D'autres approches de traitement d'ensembles de données massifs peuvent répondre plus étroitement aux critères actuels de protection des informations. La confidentialité différenciée, pratiquée par des entreprises comme Apple et Uber, érode délibérément chaque unité d'information moyenne sur l'ensemble des données, interférant ainsi avec la désanonymisation en fournissant des informations techniquement incorrectes sur chaque personne.
Le cryptage homomorphique ne permet pas de lire les données, mais elles peuvent toujours être manipulées.

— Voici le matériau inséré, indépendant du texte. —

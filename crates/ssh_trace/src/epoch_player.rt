//! Plays the script of an epoch on a pair of ends.

ghost use Rattle.ssh_trace.specs.History.{AreFilled, events_of};

use crate::epoch_pair::EpochPair;
use crate::history::{Done, Event, Item, Memory, Transcript};
use crate::transcript::write_items;
use ssh_play::draw::Drawing;
use ssh_play::{Played, origin_of};
use ssh_script::{
    Delivery, EpochScript, EpochStep, Keys, Network, Parcel, RunFault, ScriptFault, Shortage,
};
use ssh_types::Side;
use std::alloc::{AllocError, Global};

/// Plays a script of one epoch.
pub(crate) fn play_epoch(alloc: Global, script: &EpochScript) -> Result<Played, ScriptFault> {
    let mut player = Player::new(alloc, &script.keys)?;
    let mut played = Played {
        lines: String::new(alloc),
        refused: false,
    };
    for line in script.steps.iter() {
        match player.run(&line.content) {
            Ok(items) => note(&mut played, items.as_slice())?,
            Err(fault) => return Err(ScriptFault::at_run(alloc, line.number, fault)),
        }
    }
    Ok(played)
}

/// Plays a script of one epoch, and draws its events.
pub(crate) fn watch_epoch(alloc: Global, script: &EpochScript) -> Result<Drawing, ScriptFault> {
    let mut player = Player::new(alloc, &script.keys)?;
    let mut drawing = Drawing::new(alloc, true)?;
    for line in script.steps.iter() {
        if let Err(fault) = player.watch(&line.content, &mut drawing) {
            return Err(ScriptFault::at_run(alloc, line.number, fault));
        }
    }
    Ok(drawing)
}

// The ends did this.
fn note(played: &mut Played, items: &[Done]) -> Result<(), AllocError> {
    if has_refusal(items) {
        played.refused = true;
    }
    write_items(items, &mut played.lines)
}

// Whether an end refused its peer.
fn has_refusal(items: &[Done]) -> bool {
    items
        .iter()
        .any(|done| matches!(done.item, Item::Refused(_)))
}

// The pair, and what each of its ends put out.
#[derive(Drop)]
struct Player {
    alloc: Global,
    pair: EpochPair,
    network: Network,
}

impl Player {
    fn new(alloc: Global, keys: &Keys) -> Result<Player, AllocError> {
        let Ok(pair) = EpochPair::new(alloc, &keys.client, &keys.server) else {
            return Err(AllocError);
        };
        Ok(Player {
            alloc,
            pair,
            network: Network::new(alloc, Shortage::Refused),
        })
    }

    // Runs one step, and gives what the ends did.
    fn run(&mut self, step: &EpochStep) -> Result<Vec<Done>, RunFault> {
        let transcript = match step {
            EpochStep::Ask { side, payload } => self.ask(*side, payload.as_slice())?,
            EpochStep::Network(delivery) => match self.network.deliver(delivery)? {
                Some(parcel) => delivered(self.alloc, &mut self.pair, &parcel)?,
                None => nothing(self.alloc),
            },
        };
        self.put_out(&transcript)?;
        Ok(transcript.items)
    }

    // Runs one step, and draws what happens.
    fn watch(&mut self, step: &EpochStep, drawing: &mut Drawing) -> Result<(), RunFault> {
        let done = match step {
            EpochStep::Ask { side, payload } => {
                let done = self.ask(*side, payload.as_slice())?;
                draw(self.alloc, &done, drawing)?;
                done
            }
            EpochStep::Network(delivery) => self.watch_delivery(delivery, drawing)?,
        };
        self.put_out(&done)?;
        Ok(())
    }

    // Delivers what a line of the network means, and draws what happens.
    fn watch_delivery(
        &mut self,
        delivery: &Delivery,
        drawing: &mut Drawing,
    ) -> Result<Transcript, RunFault> {
        if let Delivery::Lose { from, count } = delivery {
            drawing.lose(*from, *count as usize)?;
        }
        match self.network.deliver(delivery)? {
            Some(parcel) => Ok(watched_bytes(
                self.alloc,
                &mut self.pair,
                delivery,
                &parcel,
                drawing,
            )?),
            None => Ok(nothing(self.alloc)),
        }
    }

    // What the ends put out waits from now on.
    fn put_out(&mut self, done: &Transcript) -> Result<(), AllocError> {
        self.network
            .put_out(Side::Client, done.client_bytes.as_slice())?;
        self.network
            .put_out(Side::Server, done.server_bytes.as_slice())
    }

    // A payload of a script has at least one byte.
    fn ask(&mut self, side: Side, payload: &[u8]) -> Result<Transcript, AllocError> {
        if payload.is_empty() {
            return Ok(nothing(self.alloc));
        }
        play(&mut self.pair, &[Event::Ask(side, payload)])
    }
}

// No events were played.
fn nothing(alloc: Global) -> Transcript {
    Transcript {
        items: Vec::new(alloc),
        client_bytes: Vec::new(alloc),
        server_bytes: Vec::new(alloc),
    }
}

// Delivers a parcel, piece by piece.
fn delivered(
    alloc: Global,
    pair: &mut EpochPair,
    parcel: &Parcel<'_>,
) -> Result<Transcript, AllocError> {
    let mut all = nothing(alloc);
    for piece in parcel.pieces() {
        let mut more = play(pair, &[Event::Deliver(parcel.to, piece)])?;
        all.items.append(&mut more.items)?;
        all.client_bytes.append(&mut more.client_bytes)?;
        all.server_bytes.append(&mut more.server_bytes)?;
    }
    Ok(all)
}

// Delivers the bytes of a parcel one by one.
fn watched_bytes(
    alloc: Global,
    pair: &mut EpochPair,
    delivery: &Delivery,
    parcel: &Parcel<'_>,
    drawing: &mut Drawing,
) -> Result<Transcript, AllocError> {
    let mut all = nothing(alloc);
    for (index, piece) in parcel.bytes.chunks(1).enumerate() {
        drawing.come(parcel.to, origin_of(delivery, index), piece)?;
        let mut done = play(pair, &[Event::Deliver(parcel.to, piece)])?;
        if !done.items.is_empty() {
            draw(alloc, &done, drawing)?;
        }
        all.client_bytes.append(&mut done.client_bytes)?;
        all.server_bytes.append(&mut done.server_bytes)?;
    }
    Ok(all)
}

// Draws what the ends did.
fn draw(alloc: Global, done: &Transcript, drawing: &mut Drawing) -> Result<(), AllocError> {
    let mut lines = String::new(alloc);
    write_items(done.items.as_slice(), &mut lines)?;
    drawing.act(
        lines.as_str(),
        done.client_bytes.as_slice(),
        done.server_bytes.as_slice(),
    )
}

fn play(pair: &mut EpochPair, events: &[Event<'_>]) -> Result<Transcript, AllocError>
    requires { AreFilled (events_of events.now) }
{
    match pair.play(events) {
        Ok(transcript) => Ok(transcript),
        Err(Memory) => Err(AllocError),
    }
}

Les résultats seront également chiffrés, mais le responsable du traitement peut les déchiffrer. Et à la fin, nous arriverons à des ensembles de données synthétiques, ce qui signifie former l'IA sur des informations réelles et identifiables, sur la base desquelles de nouvelles unités de données fausses seront générées qui seront statistiquement identiques, mais sans lien avec des personnes spécifiques.